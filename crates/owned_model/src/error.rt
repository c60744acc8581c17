use packed::Fault;
use std::alloc::AllocError;
use thiserror::Error;

/// The reason why no model was loaded.
#[derive(Clone, Copy, Debug, PartialEq, Eq, Error)]
pub enum LoadError {
    /// The first rule that the bytes break. They have no model.
    #[error("{0}")]
    Fault(Fault),
    /// The bytes have a model, but it could not be allocated.
    #[error("out of memory")]
    Memory,
}

impl From<Fault> for LoadError {
    ghost use Rattle.std.specs.Prelude.{◌≡◌};
    ghost use Rattle.owned_model.specs.declared.error.LoadError.TheVariants as load;

    ghost from_gives = { λ fault error. error ≡ load.Fault fault };

    fn from(fault: Fault) -> Self {
        LoadError::Fault(fault)
    }
}

impl From<AllocError> for LoadError {
    ghost use Rattle.std.specs.Prelude.{◌≡◌};
    ghost use Rattle.owned_model.specs.declared.error.LoadError.TheVariants.{Memory};

    ghost from_gives = { λ _ error. error ≡ Memory };

    fn from(_error: AllocError) -> Self {
        LoadError::Memory
    }
}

### Work instructions
Retype the whole listing above, line for line and exactly.

### Solution to this task
filename crates/owned_model/src/error.rt
repository c60744acc8581c17
use packed::Fault;
use std::alloc::AllocError;
use thiserror::Error;

/// The reason why no model was loaded.
#[derive(Clone, Copy, Debug, PartialEq, Eq, Error)]
pub enum LoadError {
    /// The first rule that the bytes break. They have no model.
    #[error("{0}")]
    Fault(Fault),
    /// The bytes have a model, but it could not be allocated.
    #[error("out of memory")]
    Memory,
}

impl From<Fault> for LoadError {
    ghost use Rattle.std.specs.Prelude.{◌≡◌};
    ghost use Rattle.owned_model.specs.declared.error.LoadError.TheVariants as load;

    ghost from_gives = { λ fault error. error ≡ load.Fault fault };

    fn from(fault: Fault) -> Self {
        LoadError::Fault(fault)
    }
}

impl From<AllocError> for LoadError {
    ghost use Rattle.std.specs.Prelude.{◌≡◌};
    ghost use Rattle.owned_model.specs.declared.error.LoadError.TheVariants.{Memory};

    ghost from_gives = { λ _ error. error ≡ Memory };

    fn from(_error: AllocError) -> Self {
        LoadError::Memory
    }
}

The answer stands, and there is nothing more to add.